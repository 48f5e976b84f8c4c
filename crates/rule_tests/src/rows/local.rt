//! Local alerts. Written by `bench/rows/rows.py`.
use crate::rows::{Row, is_answered};

static ROWS_1: [Row; 26] = [
    Row {
        shows: "local: LOC00",
        capacity: 100,
        starts: true,
        lines: r#"!@b7`01`V
%+6(09:00)
!=
&>
"#,
        replies: r#"^
^
^
^
| 7:LOC00
~Y43`00000100jUUfc83ba01UUUUUU`00
"#,
    },
    Row {
        shows: "local: LOC01",
        capacity: 100,
        starts: true,
        lines: r#"!@b7`02`V
%+6(09:00)
!=
&>
"#,
        replies: r#"^
^
^
^
| 7:LOC01
~Y43`00000200jUUfc83ba01UUUUUU`00
"#,
    },
    Row {
        shows: "local: LOC02",
        capacity: 100,
        starts: true,
        lines: r#"!@b7`04`V
%+6(09:00)
!=
&>
"#,
        replies: r#"^
^
^
^
| 7:LOC02
~Y43`00000400jUUfc83ba01UUUUUU`00
"#,
    },
    Row {
        shows: "local: LOC03",
        capacity: 100,
        starts: true,
        lines: r#"!@b7`08`V
%+6(09:00)
!=
&>
"#,
        replies: r#"^
^
^
^
| 7:LOC03
~Y43`00000800jUUfc83ba01UUUUUU`00
"#,
    },
    Row {
        shows: "local: LOC04",
        capacity: 100,
        starts: true,
        lines: r#"!@b7`1`0V
%+6(09:00)
!=
&>
"#,
        replies: r#"^
^
^
^
| 7:LOC04
~Y43`00001000jUUfc83ba01UUUUUU`00
"#,
    },
    Row {
        shows: "local: LOC05",
        capacity: 100,
        starts: true,
        lines: r#"!@b7`2`0V
%+6(09:00)
!=
&>
"#,
        replies: r#"^
^
^
^
| 7:LOC05
~Y43`00002000jUUfc83ba01UUUUUU`00
"#,
    },
    Row {
        shows: "local: LOC06",
        capacity: 100,
        starts: true,
        lines: r#"!@b7`4`0V
%+6(09:00)
!=
&>
"#,
        replies: r#"^
^
^
^
| 7:LOC06
~Y43`00004000jUUfc83ba01UUUUUU`00
"#,
    },
    Row {
        shows: "local: LOC07",
        capacity: 100,
        starts: true,
        lines: r#"!@b7`8`0V
%+6(09:00)
!=
&>
"#,
        replies: r#"^
^
^
^
| 7:LOC07
~Y43`00008000jUUfc83ba01UUUUUU`00
"#,
    },
    Row {
        shows: "local: LOC08",
        capacity: 100,
        starts: true,
        lines: r#"!@b7`00010000V
%+6(09:00)
!=
&>
"#,
        replies: r#"^
^
^
^
| 7:LOC08
~Y43U01jUUfc83ba01UUUUUU`00
"#,
    },
    Row {
        shows: "local: LOC09",
        capacity: 100,
        starts: true,
        lines: r#"!@b7`00020000V
%+6(09:00)
!=
&>
"#,
        replies: r#"^
^
^
^
| 7:LOC09
~Y43U02jUUfc83ba01UUUUUU`00
"#,
    },
    Row {
        shows: "local: LOC10",
        capacity: 100,
        starts: true,
        lines: r#"!@b7`00040000V
%+6(09:00)
!=
&>
"#,
        replies: r#"^
^
^
^
| 7:LOC10
~Y43U04jUUfc83ba01UUUUUU`00
"#,
    },
    Row {
        shows: "local: LOC11",
        capacity: 100,
        starts: true,
        lines: r#"!@b7`00080000V
%+6(09:00)
!=
&>
"#,
        replies: r#"^
^
^
^
| 7:LOC11
~Y43U08jUUfc83ba01UUUUUU`00
"#,
    },
    Row {
        shows: "local: LOC12",
        capacity: 100,
        starts: true,
        lines: r#"!@b7`00100000V
%+6(09:00)
!=
&>
"#,
        replies: r#"^
^
^
^
| 7:LOC12
~Y43U10jUUfc83ba01UUUUUU`00
"#,
    },
    Row {
        shows: "local: LOC13",
        capacity: 100,
        starts: true,
        lines: r#"!@b7`00200000V
%+6(09:00)
!=
&>
"#,
        replies: r#"^
^
^
^
| 7:LOC13
~Y43U20jUUfc83ba01UUUUUU`00
"#,
    },
    Row {
        shows: "local: LOC14",
        capacity: 100,
        starts: true,
        lines: r#"!@b7`00400000V
%+6(09:00)
!=
&>
"#,
        replies: r#"^
^
^
^
| 7:LOC14
~Y43U40jUUfc83ba01UUUUUU`00
"#,
    },
    Row {
        shows: "local: LOC15",
        capacity: 100,
        starts: true,
        lines: r#"!@b7`00800000V
%+6(09:00)
!=
&>
"#,
        replies: r#"^
^
^
^
| 7:LOC15
~Y43U80jUUfc83ba01UUUUUU`00
"#,
    },
    Row {
        shows: "local: all",
        capacity: 100,
        starts: true,
        lines: r#"!@b7`ffff0000V
%+6(09:00)
!=
!@b7U00V
%+6(09:00)
!=
"#,
        replies: r#"^
^
^
^
| 7:LOC00,LOC01,LOC02,LOC03,LOC04,LOC05,LOC06,LOC07,LOC08,LOC09,LOC10,LOC11,LOC12,LOC13,LOC14,LOC15
^
^
| -
"#,
    },
    Row {
        shows: "local: the low 16 bits alone",
        capacity: 100,
        starts: true,
        lines: r#"!@b7`00000100V
%+6(09:00)
!=
"#,
        replies: r#"^
^
^
^
| -
"#,
    },
    Row {
        shows: "local: the low 16 bits of all",
        capacity: 100,
        starts: true,
        lines: r#"!@18`0200ffff`00ffffffffV
%+6(09:00)
!=
"#,
        replies: r#"^
^
^
^
| 7:LOC01
"#,
    },
    Row {
        shows: "local: they stay without a program",
        capacity: 100,
        starts: true,
        lines: r#"!@b7`02`V
%+6(09:00)
!unS6,"kind":"alert"}
%+6(09:00)
!=
"#,
        replies: r#"^
^
^
^
^
^
| 7:LOC01
"#,
    },
    Row {
        shows: "local: an unload of one kind alone",
        capacity: 100,
        starts: true,
        lines: r#"!S6,"kind":"tobt","program":"bf3U007`3c`V
!@b7`02`V
!unS6,"kind":"tobt"}
%+6(09:00)
!=
!S6,"kind":"tobt","program":"bf3U007`3c`V
!unS6,"kind":"alert"}
%+6(09:00)
&>
"#,
        replies: r#"^
^
^
^
^
^
| 7:LOC01
^
^
^
~Y4302`000200jUUfc83ba01U00003884ba01UUUU`00
"#,
    },
    Row {
        shows: "local: they stay at a report of another",
        capacity: 100,
        starts: true,
        lines: r#"!@b7`02`V
%+6(09:00)
*+9(10:00)
!=
"#,
        replies: r#"^
^
^
^
^
| 7:LOC01
"#,
    },
    Row {
        shows: "local: they stay at a schedule and a tick",
        capacity: 100,
        starts: false,
        lines: r#"!S1,"kind":"alert","program":"b7`02`V
$+<
!=
!/
!=
!X
!=
"#,
        replies: r#"^
^
| 7:CDM01,LOC01
^
| 7:LOC01
^
| 7:LOC01
"#,
    },
    Row {
        shows: "local: the milestone",
        capacity: 100,
        starts: true,
        lines: r#"!@bf4U0V
%+6(09:00)
!=
"#,
        replies: r#"^
^
^
^
| 7:LOC01,LOC02
"#,
    },
    Row {
        shows: "local: milestone 16",
        capacity: 100,
        starts: true,
        lines: r#"!S16,"kind":"alert","program":"bf4U0V
*+9(10:00)
%+10(10:01)
%+13(09:58)
%+14(10:02)
%+15(10:03)
%+16(10:12)
!=
"#,
        replies: r#"^
^
^
^
^
^
^
^
^
| 7:LOC04
"#,
    },
    Row {
        shows: "local: the moment",
        capacity: 100,
        starts: true,
        lines: r#"!@bf3U0V
%+6(09:00)
!=
"#,
        replies: r#"^
^
^
^
| 7:LOC02,LOC03,LOC04,LOC05,LOC06,LOC07,LOC08,LOC09,LOC15
"#,
    },
];

#[test]
fn part_1(rt: HostRuntime) {
    for row in &ROWS_1 {
        is_answered(&rt, rt.alloc(), row);
    }
}
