const LOW_NINE_BITS: u64 = 0x5701_0000_ff01_0000;

const NOW_IN_R1: u64 = 0xbf31_0000_0000_0000;

const R2_IS_10000: u64 = 0xb702_0000_1027_0000;

const R2_IS_10001: u64 = 0xb702_0000_1127_0000;

/// The slots of a program, and what `verify` writes of it, with which status.
struct Calling {
    slots: [u64; 4],
    count: usize,
    status: u8,
    text: &'static str,
}

static CALLS: [Calling; 8] = [
    Calling {
        slots: [TYPE_IN_R1, HELPER_1, EXIT, 0],
        count: 3,
        status: 0,
        text: "0: ldxw r1, [r1+16]\n1: call 1\n2: exit\naccepted 3\n",
    },
    Calling {
        slots: [HELPER_1, EXIT, 0, 0],
        count: 2,
        status: 1,
        text: "refused 313 0\n",
    },
    Calling {
        slots: [STAND_IN_R1, LOW_NINE_BITS, HELPER_2, EXIT],
        count: 4,
        status: 0,
        text: "0: ldxh r1, [r1+60]\n1: and64 r1, 511\n2: call 2\n3: exit\naccepted 4\n",
    },
    Calling {
        slots: [STAND_IN_R1, HELPER_2, EXIT, 0],
        count: 3,
        status: 1,
        text: "refused 313 1\n",
    },
    Calling {
        slots: [NOW_IN_R1, R2_IS_10000, HELPER_3, EXIT],
        count: 4,
        status: 0,
        text: "0: mov64 r1, r3\n1: mov64 r2, 10000\n2: call 3\n3: exit\naccepted 4\n",
    },
    Calling {
        slots: [NOW_IN_R1, R2_IS_10001, HELPER_3, EXIT],
        count: 4,
        status: 1,
        text: "refused 313 2\n",
    },
    Calling {
        slots: [HELPER_3, EXIT, 0, 0],
        count: 2,
        status: 1,
        text: "refused 313 0\n",
    },
    Calling {
        slots: [HELPER_4, EXIT, 0, 0],
        count: 2,
        status: 1,
        text: "refused 312 0\n",
    },
];

fn says(rt: &impl Abort, alloc: Global, calling: &Calling) {
    let mut bytes = Vec::new(alloc);
    for slot in calling.slots.iter().take(calling.count) {
        bytes
            .extend_from_slice(&slot.to_be_bytes())
            .expect(rt, "room for a slot");
    }
    is_judged(rt, alloc, bytes.as_slice(), calling.status, calling.text);
}

#[test]
fn calls_keep_within_the_helpers_signatures(rt: HostRuntime) {
    for calling in &CALLS {
        says(&rt, rt.alloc(), calling);
    }
}

// `verify` from this reader to this writer ends with the status 2 and this complaint.
fn verify_fails<R: Read + Drop, W: Write + Drop>(
    rt: &impl Abort,
    alloc: Global,
    reader: R,
    writer: W,
    complaint: &str,
) {
    let mut errors = Sink::new(Vec::new(alloc));
    let mut reader = Source::new(reader);
    let mut writer = Sink::new(writer);
    let tables = built_in(rt, alloc);
    let length = Length::L128;
    let status = verify_on(
        alloc,
        &tables,
        length,
        &mut reader,
        &mut writer,
        &mut errors,
    );
    assert!(rt; status == 2);
    assert!(rt; errors.into_inner().as_slice() == complaint.as_bytes());
}

#[test]
fn verify_tells_what_failed(rt: HostRuntime) {
    let alloc = rt.alloc();
    verify_fails(&rt, alloc, Broken, Vec::new(alloc), "acdm: read failed\n");
    let exit = [0x95, 0, 0, 0, 0, 0, 0, 0];
    verify_fails(&rt, alloc, exit.as_slice(), Broken, "acdm: write failed\n");
}

/// Has no memory at each read.
#[derive(Drop)]
pub(crate) struct Short;

impl Read for Short {
    fn read(&mut self, _buf: &mut [u8]) -> io::Result<usize> {
        Err(io::Error::from(io::ErrorKind::OutOfMemory))
    }
}

#[test]
fn want_of_memory_is_no_verdict(rt: HostRuntime) {
    let alloc = rt.alloc();
    let mut text = Vec::new(alloc);
    verify_fails(&rt, alloc, Short, &mut text, "acdm: no memory\n");
    assert!(rt; text.is_empty());
}
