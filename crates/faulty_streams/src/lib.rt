//! A reader and a writer that fail at a place of the caller's choice. They are for tests.
#![tactic(auto)]

mod faulty;
mod narrow;

pub use faulty::Faulty;
pub use narrow::{Fault, Narrow};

━━━━━━━━

WHAT YOU ARE ASKED TO DO:
Go through the records above and copy each line where "struct" is found.

TASK RESPONSE:
struct Calling {
pub(crate) struct Short;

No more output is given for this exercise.